Rational with a numerator of degree $2$ and denominator of degree $4$

X = [0.25 0.5 1 2 4 6 8 10 12 14 16 18 20 22 24 26 27];
Y = [3.1 3.9 4.8 6 7.35 8.2 8.65 8.75 8.4 7.75 6.9 5.9 4.8 3.8 2.9 2.5 2.42];
f = fit(X', Y', 'Rat24')
plot(f, X, Y);

General model Rat24:
f(x) = (p1*x^2 + p2*x + p3) /
(x^4 + q1*x^3 + q2*x^2 + q3*x + q4)
Coefficients (with 95% confidence bounds):
p1 =      -419.6  (-3693, 2854)
p2 =   5.161e+04  (-9.892e+04, 2.021e+05)
p3 =   2.061e+04  (-2.659e+04, 6.781e+04)
q1 =      -3.892  (-69.44, 61.66)
q2 =        -176  (-1603, 1251)
q3 =        5884  (-1.367e+04, 2.544e+04)
q4 =        9203  (-1.284e+04, 3.125e+04)

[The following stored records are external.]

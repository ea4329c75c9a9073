//! The lines of a run: telegrams taken, events refused, and the state of an end.

ghost use Rattle.std.specs.Prelude.{◌≡◌, OnOk};
ghost use Rattle.std.specs.Io.KnownBytes.{Appends};
ghost use Rattle.pdu_text.specs.Reports as lines;

use crate::names::{phase_name, side_name, state_name};
use crate::{write_hex, write_octets, write_text};
use end_settings::Side;
use pdi_session::{MessageType, Phase};
use safe_machine::ConnectionState;
use std::io;
use std::io::Write;

/// The state of an end in its present incarnation.
#[derive(Clone, Copy, Debug, PartialEq, Eq)]
pub struct EndReport {
    /// The state of its connection.
    pub state: ConnectionState,
    /// The phase of its session.
    pub phase: Phase,
    /// How many telegrams were put.
    pub put: u64,
    /// How many telegrams its application took.
    pub taken: u64,
}

/// Writes the line of a telegram that an application takes: its message type, and its payload in hex
/// digits.
pub fn write_take<W: Write>(
    writer: &mut W,
    side: Side,
    kind: MessageType,
    payload: &[u8],
) -> io::Result<()>
    // If it succeeds, `write_take` has appended the line: the end, "takes", the message type and the
    // payload in hex digits (a dash if empty).
    ensures { OnOk result (Appends (W.contents writer.old) (W.contents writer.new)
        (lines.take_line side kind payload.now)) }
{
    write_text(writer, side_name(side))?;
    write_text(writer, " takes ")?;
    write_hex(writer, &kind.to_be_bytes())?;
    write_text(writer, " ")?;
    write_octets(writer, payload)?;
    write_text(writer, "\n")
}

/// Writes the line of an event that was refused.
pub fn write_refusal<W: Write>(writer: &mut W, name: &str) -> io::Result<()>
    // If it succeeds, `write_refusal` has appended the line "refused" with the `name`.
    ensures { OnOk result (Appends (W.contents writer.old) (W.contents writer.new) (lines.refusal_line name.now)) }
{
    writeln!(writer, "refused {name}")
}

/// Writes the line of the state of an end, or that it was never opened.
pub fn write_report<W: Write>(
    writer: &mut W,
    side: Side,
    standing: Option<EndReport>,
) -> io::Result<()>
    // If it succeeds, `write_report` has appended the line: the end with state, phase and both counts of
    // telegrams, or "none" if it was never opened.
    ensures { OnOk result (Appends (W.contents writer.old) (W.contents writer.new) (lines.report_line side standing)) }
{
    match standing {
        Some(standing) => write_standing(writer, side_name(side), &standing),
        None => write_none(writer, side_name(side)),
    }
}

/// Writes the line of the state of an end.
fn write_standing<W: Write>(writer: &mut W, side: &str, standing: &EndReport) -> io::Result<()>
    ensures { OnOk result (Appends (W.contents writer.old) (W.contents writer.new)
        (lines.state_line side.now standing.now)) }
{
    let state = state_name(standing.state);
    let phase = phase_name(standing.phase);
    let put = standing.put;
    let taken = standing.taken;
    writeln!(writer, "{side} {state} {phase} put {put} taken {taken}")
}

/// Writes the line of an end that was never opened.
fn write_none<W: Write>(writer: &mut W, side: &str) -> io::Result<()>
    ensures { OnOk result (Appends (W.contents writer.old) (W.contents writer.new) (lines.none_line side.now)) }
{
    writeln!(writer, "{side} none")
}
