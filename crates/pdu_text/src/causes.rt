//! Why a datagram was dropped, in words.

ghost use Rattle.std.specs.Prelude.{◌≡◌, OnOk};
ghost use Rattle.std.specs.Io.KnownBytes.{Appends};
ghost use Rattle.pdu_text.specs.Causes as causes;

use crate::write_text;
use red_layer::RedEvent;
use safe_machine::DropCause;
use safe_pdu::{Identifier, SafeFault};
use std::io;
use std::io::Write;

/// Why a datagram was dropped.
#[derive(Clone, Copy, Debug, PartialEq, Eq)]
pub enum Cause {
    /// The redundancy layer dropped or deferred it.
    Early(RedEvent),
    /// The safety machine dropped it.
    Part(DropCause),
    /// Its sender and receiver are not the two ends of this connection.
    Stranger {
        /// The identifier of its sender.
        sender: Identifier,
        /// The identifier of the end that it is for.
        receiver: Identifier,
        /// The identifier of the peer.
        peer_id: Identifier,
        /// The identifier of this end.
        id: Identifier,
    },
    /// It has the length of a PDU with another safety code.
    OtherCode {
        /// The length of that safety code, in bytes.
        found: u64,
        /// The length of the safety code of this end, in bytes.
        own: u64,
    },
}

/// Writes why a datagram was dropped.
pub(crate) fn write_cause<W: Write>(writer: &mut W, cause: Cause) -> io::Result<()>
    ensures { OnOk result (Appends (W.contents writer.old) (W.contents writer.new) (causes.cause_text cause)) }
{
    match cause {
        Cause::Early(event) => write_text(writer, event_words(event)),
        Cause::Part(why) => write_text(writer, part_words(why)),
        Cause::Stranger {
            sender,
            receiver,
            peer_id,
            id,
        } => write_stranger(writer, sender, receiver, peer_id, id),
        Cause::OtherCode { found, own } => write_other_code(writer, found, own),
    }
}

/// Writes that a datagram is a stranger's, with its identifiers and those expected.
#[tactic(auto, unfolding(crate::specs::Causes::stranger_text))]
fn write_stranger<W: Write>(
    writer: &mut W,
    sender: Identifier,
    receiver: Identifier,
    peer_id: Identifier,
    id: Identifier,
) -> io::Result<()>
    ensures { OnOk result (Appends (W.contents writer.old) (W.contents writer.new)
        (causes.stranger_text sender receiver peer_id id)) }
{
    write!(
        writer,
        "a stranger's: from id {sender} for id {receiver}, not from {peer_id} (peer_id) for {id} (id)"
    )
}

/// Writes that a datagram has another safety code, with its length and that expected.
#[tactic(auto, unfolding(crate::specs::Causes::other_code_text))]
fn write_other_code<W: Write>(writer: &mut W, found: u64, own: u64) -> io::Result<()>
    ensures { OnOk result (Appends (W.contents writer.old) (W.contents writer.new)
        (causes.other_code_text found own)) }
{
    write!(
        writer,
        "its length is that of a PDU with a safety code of {found} bytes, not {own} (code): another code, or damage"
    )
}

/// Returns the words for an event of the redundancy layer.
fn event_words(event: RedEvent) -> &'static str
    ensures { result.now ≡ causes.event_text event }
{
    match event {
        RedEvent::Passed => "passed on",
        RedEvent::Wait => "waits",
        RedEvent::Old => "its number was already received, on this or another channel",
        RedEvent::Far => "its number is too far ahead",
        RedEvent::Full => "it came early, and every place is taken",
        RedEvent::Again => "its number is already deferred",
        RedEvent::Fault(_) => "it is not a redundancy PDU: damage, or not RaSTA",
    }
}

/// Returns the words for a cause of the safety machine.
fn part_words(why: DropCause) -> &'static str
    ensures { result.now ≡ causes.part_text why }
{
    match why {
        DropCause::Fault(fault) => fault_words(fault),
        DropCause::Stranger => "a stranger's: another id or peer_id",
        DropCause::NotOpened => "it is not a connection request, and there is no connection",
        DropCause::Number => "its sequence number is too far ahead",
        DropCause::Request => "it is not the requested retransmission",
        DropCause::Answered => "a retransmission request that was already answered",
        DropCause::Below => "a retransmission request that confirms less than an earlier PDU",
    }
}

/// Returns the words for a fault of a safety PDU, with what may have caused it.
fn fault_words(fault: SafeFault) -> &'static str
    ensures { result.now ≡ causes.fault_text fault }
{
    match fault {
        SafeFault::Short => "it is too short for a safety PDU: another length of code, or damage",
        SafeFault::Length =>
            "its length differs from its length field: another length of code, or damage",
        SafeFault::Code =>
            "its safety code is not that of these settings: another code or initial value (iv), or damage",
        SafeFault::BadType => "its type is unknown",
        SafeFault::Body => "its body does not fit its type",
    }
}
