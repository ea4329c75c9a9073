//! The start of a line: the time of the end, and its name.

ghost use Rattle.std.specs.Prelude.{◌≡◌, OnOk};
ghost use Rattle.std.specs.Io.KnownBytes.{Appends};
ghost use Rattle.pdu_text.specs.Pieces.{front_text, three_digits, time_text};

use crate::names::side_name;
use end_settings::Side;
use octets::Milliseconds;
use std::io;
use std::io::Write;

/// Writes the time and the end at the start of a line.
#[tactic(auto, unfolding(crate::specs::Pieces::front_text))]
pub(crate) fn write_front<W: Write>(writer: &mut W, at: Milliseconds, side: Side) -> io::Result<()>
    ensures { OnOk result (Appends (W.contents writer.old) (W.contents writer.new) (front_text at side)) }
{
    write_time(writer, at)?;
    let name = side_name(side);
    write!(writer, " {name} ")
}

/// Writes milliseconds as seconds with three decimals.
#[tactic(auto, unfolding(crate::specs::Pieces::time_text))]
pub(crate) fn write_time<W: Write>(writer: &mut W, ms: Milliseconds) -> io::Result<()>
    ensures { OnOk result (Appends (W.contents writer.old) (W.contents writer.new) (time_text ms)) }
{
    let seconds = ms / 1_000;
    write!(writer, "{seconds}.")?;
    let digits = spell(ms % 1_000);
    writer.write_all(&digits)
}

/// Returns the last three digits of a number.
fn spell(number: u64) -> [u8; 3]
    ensures { result ≡ three_digits number }
{
    [
        (48 + number / 100 % 10) as u8,
        (48 + number / 10 % 10) as u8,
        (48 + number / 1 % 10) as u8,
    ]
}
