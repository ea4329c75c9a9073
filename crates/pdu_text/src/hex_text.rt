//! Texts of hex digits.

ghost use Rattle.std.specs.Prelude.{◌≡◌, None, Some, Err, IfOk};
ghost use Rattle.std.specs.Option.{option_copied};
ghost use Rattle.pdu_text.specs.HexText.{initial_value_of, octets_of};

use hex::FromHexError;
use octets::places::u32_at;
use std::alloc::Global;

/// Why the bytes of a text are not returned.
#[derive(Clone, Copy, Debug, PartialEq, Eq)]
pub enum HexFault {
    /// It is not hex digits, two for each byte, or it is empty: an empty datagram is more likely a slip in
    /// a shell script than a question.
    Hex,
    /// There is no memory for the bytes.
    Memory,
}

/// Returns the initial value in 32 hex digits, least significant byte of each word first, that of RFC 1320
/// without a text, or `None` if the text is not 32 hex digits. The text is tested even if the safety code
/// has 0 bytes, so that a slip never passes unseen.
pub fn initial_value(iv: Option<&str>) -> Option<[u32; 4]>
    // The result is the four words of a text of 32 hex digits, RFC 1320's words without a text, and `None`
    // for any other text.
    ensures { result ≡ initial_value_of (option_copied iv.entry) }
{
    let Some(text) = iv else {
        return Some(md4::INITIAL_VALUE);
    };
    let mut octets = [0u8; 16];
    match hex::decode_to_slice(text, &mut octets) {
        Ok(()) => Some([
            u32_at(&octets, 0),
            u32_at(&octets, 4),
            u32_at(&octets, 8),
            u32_at(&octets, 12),
        ]),
        Err(_) => None,
    }
}

/// Returns the bytes that a text of hex digits encodes.
///
/// # Errors
///
/// - `Hex` if the text is empty or not hex digits, two for each byte;
/// - `Memory` if there is no memory for the bytes.
pub fn hex_octets(alloc: Global, text: &str) -> Result<Vec<u8>, HexFault>
    // If `hex_octets` succeeds, the result is exactly the bytes that the text encodes.
    ensures ok { IfOk result (λ octets. octets_of text.now ≡ Some octets.items) }
    // The fault `Hex` is returned only if the text is empty or not a hex text.
    ensures hex { result ≡ Err HexFault.Hex → octets_of text.now ≡ None }
{
    if text.is_empty() {
        return Err(HexFault::Hex);
    }
    match hex::decode(alloc, text) {
        Ok(octets) => Ok(octets),
        Err(FromHexError::OutOfMemory) => Err(HexFault::Memory),
        Err(_) => Err(HexFault::Hex),
    }
}
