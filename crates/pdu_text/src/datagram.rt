//! The text of a datagram, line by line. Each piece of a line is written at once. A fault hides no line
//! above it, and a message that is not a telegram hides no other.

ghost use Rattle.std.specs.Prelude.{◌≡◌, [], ◌∷◌, codes, OnOk, IfOk};
ghost use Rattle.std.specs.Fmt.{decimal};
ghost use Rattle.std.specs.Io.KnownBytes.{Appends};
ghost use Rattle.safe_pdu.specs.Bodies.{IsBody};
ghost use Rattle.safe_pdu.specs.Pdu.{pdu_of};
ghost use Rattle.safe_pdu.specs.Places.{safe_seen};
ghost use Rattle.pdu_text.specs.Lines.{join_pieces};
ghost use Rattle.pdu_text.specs.ShowText.{body_text, fields_text, is_clean, is_clean_upper, red_line, safe_line, show_text, upper_text};

use crate::messages::show_body;
use crate::texts::{write_fault, write_text};
use safe_pdu::{CodeRule, Kind, Leaving, Opening, SafePdu, read_leaving, read_opening};
use std::io;
use std::io::Write;

/// Writes the text of a datagram, which may contain any bytes, with the given safety code settings. Returns
/// whether no line names a fault.
///
/// # Errors
///
/// The writer's error; what came before it remains written.
pub fn show<W: Write>(octets: &[u8], rule: &CodeRule, writer: &mut W) -> io::Result<bool>
    // If it succeeds, `show` has appended the text of the datagram: the lines of the redundancy PDU, safety
    // PDU and messages, up to the first layer with a fault.
    ensures written { OnOk result (Appends (W.contents writer.old) (W.contents writer.new)
        (show_text rule.now octets.now)) }
    // The result of `show` is true if and only if no line of the text names a fault.
    ensures clean { IfOk result (λ clean. clean ≡ is_clean rule.now octets.now) }
{
    match red_layer::pdu::decode(octets) {
        Ok(pdu) => {
            write_red(writer, octets.len(), pdu.seq)?;
            let clean = show_upper(pdu.upper, rule, writer)?;
            Ok(clean)
        }
        Err(fault) => {
            write_fault(writer, "red", fault.number(), fault.name())?;
            Ok(false)
        }
    }
}

/// Writes the lines of the payload of a redundancy PDU.
fn show_upper<W: Write>(upper: &[u8], rule: &CodeRule, writer: &mut W) -> io::Result<bool>
    // If it succeeds, `show_upper` has appended the line of the safety PDU and those of its messages, or
    // the line of the safety PDU's fault.
    ensures written { OnOk result (Appends (W.contents writer.old) (W.contents writer.new)
        (upper_text (safe_seen rule.now upper.now))) }
    // The result of `show_upper` is true if and only if none of these lines names a fault.
    ensures clean { IfOk result (λ clean. clean ≡ is_clean_upper (safe_seen rule.now upper.now)) }
{
    match safe_pdu::decode(upper, rule) {
        Ok(pdu) => {
            write_safe(writer, &pdu)?;
            let clean = show_body(writer, pdu.kind, pdu.body)?;
            Ok(clean)
        }
        Err(fault) => {
            write_fault(writer, "safe", fault.number(), fault.name())?;
            Ok(false)
        }
    }
}

/// Writes the line of a redundancy PDU.
fn write_red<W: Write>(writer: &mut W, size: usize, seq: u32) -> io::Result<()>
    ensures { OnOk result (Appends (W.contents writer.old) (W.contents writer.new) (red_line size seq)) }
{
    writeln!(writer, "red length {size} seq {seq}")
}

/// Writes the line of a safety PDU.
fn write_safe<W: Write>(writer: &mut W, pdu: &SafePdu<'_>) -> io::Result<()>
    requires { IsBody pdu.now.kind pdu.now.body.now }
    ensures { OnOk result (Appends (W.contents writer.old) (W.contents writer.new) (safe_line (pdu_of pdu.now))) }
{
    write_fields(writer, pdu)?;
    write_body(writer, pdu.kind, pdu.body)?;
    write_text(writer, "\n")
}

/// Writes the PDU type and the header fields.
fn write_fields<W: Write>(writer: &mut W, pdu: &SafePdu<'_>) -> io::Result<()>
    ensures { OnOk result (Appends (W.contents writer.old) (W.contents writer.new) (fields_text (pdu_of pdu.now))) }
{
    let SafePdu {
        kind,
        receiver,
        sender,
        sn,
        cs,
        ts,
        cts,
        body: _,
    } = *pdu;
    let name = kind.name();
    write!(
        writer,
        "{name} receiver {receiver} sender {sender} sn {sn} cs {cs} ts {ts} cts {cts}"
    )
}

/// Writes the content of a body on the line of its PDU.
fn write_body<W: Write>(writer: &mut W, kind: Kind, body: &[u8]) -> io::Result<()>
    requires { IsBody kind body.now }
    ensures { OnOk result (Appends (W.contents writer.old) (W.contents writer.new) (body_text kind body.now)) }
{
    match kind {
        Kind::ConnReq | Kind::ConnResp => write_opening(writer, &read_opening(body)),
        Kind::DiscReq => {
            let Leaving { detail, reason } = read_leaving(body);
            write!(writer, " detail {detail} reason {reason}")
        }
        Kind::RetrReq | Kind::RetrResp | Kind::Heartbeat | Kind::Data | Kind::RetrData => Ok(()),
    }
}

/// Writes the version and N_sendmax.
fn write_opening<W: Write>(writer: &mut W, opening: &Opening<'_>) -> io::Result<()>
    ensures { OnOk result (Appends (W.contents writer.old) (W.contents writer.new)
        (join_pieces (codes " version " ∷ opening.now.version.now
        ∷ codes " nsendmax " ∷ decimal opening.now.n_sendmax ∷ []))) }
{
    write_text(writer, " version ")?;
    writer.write_all(opening.version)?;
    let n_sendmax = opening.n_sendmax;
    write!(writer, " nsendmax {n_sendmax}")
}
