// Answers the items of a stream, one after the other: next item, its answer, one write.
#![tactic(auto)]

ghost use Rattle.std.specs.Prelude.{◌≡◌, ◌≤◌};

use replies::Kind;
use std::io;
use std::io::{Read, Write};
use streams::StreamError;

// The most bytes of a stream's item: more than a text may have, so that texts that are too long can be tried.
const ITEM: usize = 8_192;

// The most items of a stream. A proved loop has to end, and nothing says that the input does.
const ITEMS: u64 = 100_000;

// Why a stream is not answered to its end.
#[derive(Clone, Copy)]
enum Trouble {
    // Standard input cannot be read.
    Unread,
    // An item is longer than an item may be, is cut off, or has no answer.
    Broken,
    // The stream is too long.
    Many,
    // Standard output cannot be written, and standard error says so.
    Unwritten,
}

impl From<StreamError> for Trouble {
    fn from(why: StreamError) -> Trouble {
        match why {
            StreamError::Broken => Trouble::Broken,
            StreamError::Unread(_) => Trouble::Unread,
        }
    }
}

// Says what is wrong with a stream.
fn say<E: Write>(stderr: &mut E, why: Trouble) -> io::Result<()> {
    match why {
        Trouble::Unread => output::say(stderr, input::UNREAD),
        Trouble::Broken => output::say(
            stderr,
            b"an item of the stream has more than 8192 bytes, is cut off, or has no room for the ticks\n",
        ),
        Trouble::Many => output::say(stderr, b"the stream has more than 100000 items\n"),
        Trouble::Unwritten => Ok(()),
    }
}

// Answers an item.
fn answer<W: Write, E: Write>(
    stdout: &mut W,
    stderr: &mut E,
    kind: Kind,
    item: &[u8],
) -> Result<(), Trouble> {
    // Fixed memory, as everywhere here: a buffer, and how much of it is used.
    let mut out = [0u8; replies::LONGEST];
    let len = replies::reply(kind, item, &mut out).ok_or(Trouble::Broken)?;
    output::put(stdout, stderr, &out[..len]).map_err(|_| Trouble::Unwritten)
}

// Answers each item of the stream, and counts those that were answered: the count is lent, since it is told where there is trouble too.
// The three streams are no struct: `answer_all` is lent them one by one, and would make one for this call alone.
fn answer_each<R: Read, W: Write, E: Write>(
    stdin: &mut R,
    stdout: &mut W,
    stderr: &mut E,
    kind: Kind,
    answered: &mut u64,
) -> Result<(), Trouble>
    requires { answered.old ≡ 0 }
    ensures { answered.new ≤ 100000 }
{
    // Fixed memory, as above.
    let mut item = [0u8; ITEM];
    for n in 0..ITEMS {
        let Some(len) = streams::next(stdin, &mut item)? else {
            return Ok(());
        };
        answer(stdout, stderr, kind, &item[..len])?;
        *answered = n + 1;
    }
    match streams::next(stdin, &mut item)? {
        Some(_) => Err(Trouble::Many),
        None => Ok(()),
    }
}

// Answers each item of the stream, and says how many were answered.
// `kind` is no closure: that proves, but takes a `requires` about the closure, and this function asks nothing of its callers.
pub fn answer_all<R: Read, W: Write, E: Write>(
    stdin: &mut R,
    stdout: &mut W,
    stderr: &mut E,
    kind: Kind,
) -> u64
    ensures { result ≤ 100000 }
{
    let mut answered = 0;
    if let Err(why) = answer_each(stdin, stdout, stderr, kind, &mut answered) {
        let _ = say(stderr, why);
    }
    answered
}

Sum of Sine with $5$ terms

X = [0.25 0.5 1 2 4 6 8 10 12 14 16 18 20 22 24 26 27];
Y = [3.1 3.9 4.8 6 7.35 8.2 8.65 8.75 8.4 7.75 6.9 5.9 4.8 3.8 2.9 2.5 2.42];
f = fit(X', Y', 'Sin5')
plot(f, X, Y);

General model Sin5:
f(x) =
a1*sin(b1*x+c1) + a2*sin(b2*x+c2) + a3*sin(b3*x+c3) +
a4*sin(b4*x+c4) + a5*sin(b5*x+c5)
Coefficients (with 95% confidence bounds):
a1 =       12.32  (-4.495e+04, 4.497e+04)
b1 =      0.1487  (-151.6, 151.9)
c1 =     -0.4534  (-3155, 3154)
a2 =       8.179  (-1.59e+05, 1.59e+05)
b2 =      0.2882  (-2098, 2098)
c2 =      0.3671  (-3.106e+04, 3.106e+04)
a3 =        9.25  (-2.488e+06, 2.488e+06)
b3 =      0.4346  (-9490, 9491)
c3 =       1.385  (-1.368e+05, 1.368e+05)
a4 =     0.09242  (-246.5, 246.7)
b4 =      0.8063  (-154.5, 156.1)
c4 =       2.213  (-2339, 2344)
a5 =       5.857  (-2.692e+06, 2.692e+06)
b5 =      0.4773  (-7626, 7627)
c5 =       3.911  (-1.101e+05, 1.101e+05)

Gaussian with $5$ terms

X = [0.25 0.5 1 2 4 6 8 10 12 14 16 18 20 22 24 26 27];
Y = [3.1 3.9 4.8 6 7.35 8.2 8.65 8.75 8.4 7.75 6.9 5.9 4.8 3.8 2.9 2.5 2.42];
f = fit(X', Y', 'Gauss5')
plot(f, X, Y);

General model Gauss5:
f(x) =
a1*exp(-((x-b1)/c1)^2) + a2*exp(-((x-b2)/c2)^2) +
a3*exp(-((x-b3)/c3)^2) + a4*exp(-((x-b4)/c4)^2) +
a5*exp(-((x-b5)/c5)^2)
Coefficients (with 95% confidence bounds):
a1 =      0.8553  (-148.3, 150)
b1 =       17.72  (-26.81, 62.25)
c1 =        4.54  (-132.9, 142)
a2 =      -368.5  (-1.139e+07, 1.139e+07)
b2 =      -16.27  (-9.613e+04, 9.609e+04)
c2 =       7.407  (-2.066e+04, 2.067e+04)
a3 =       4.209  (-741.8, 750.2)
b3 =       9.977  (-405.4, 425.3)
c3 =       8.143  (-798.5, 814.8)
a4 =       5.467  (-2091, 2102)
b4 =      -5.272  (-1.018e+04, 1.017e+04)
c4 =       34.49  (-3662, 3731)
a5 =  -2.481e+13  (-1.676e+19, 1.676e+19)
b5 =      -24.46  (-5.5e+05, 5.499e+05)
c5 =       4.421  (-5.07e+04, 5.071e+04)

I am sure if you play around with the fit function in MATLAB, you can come up with better models.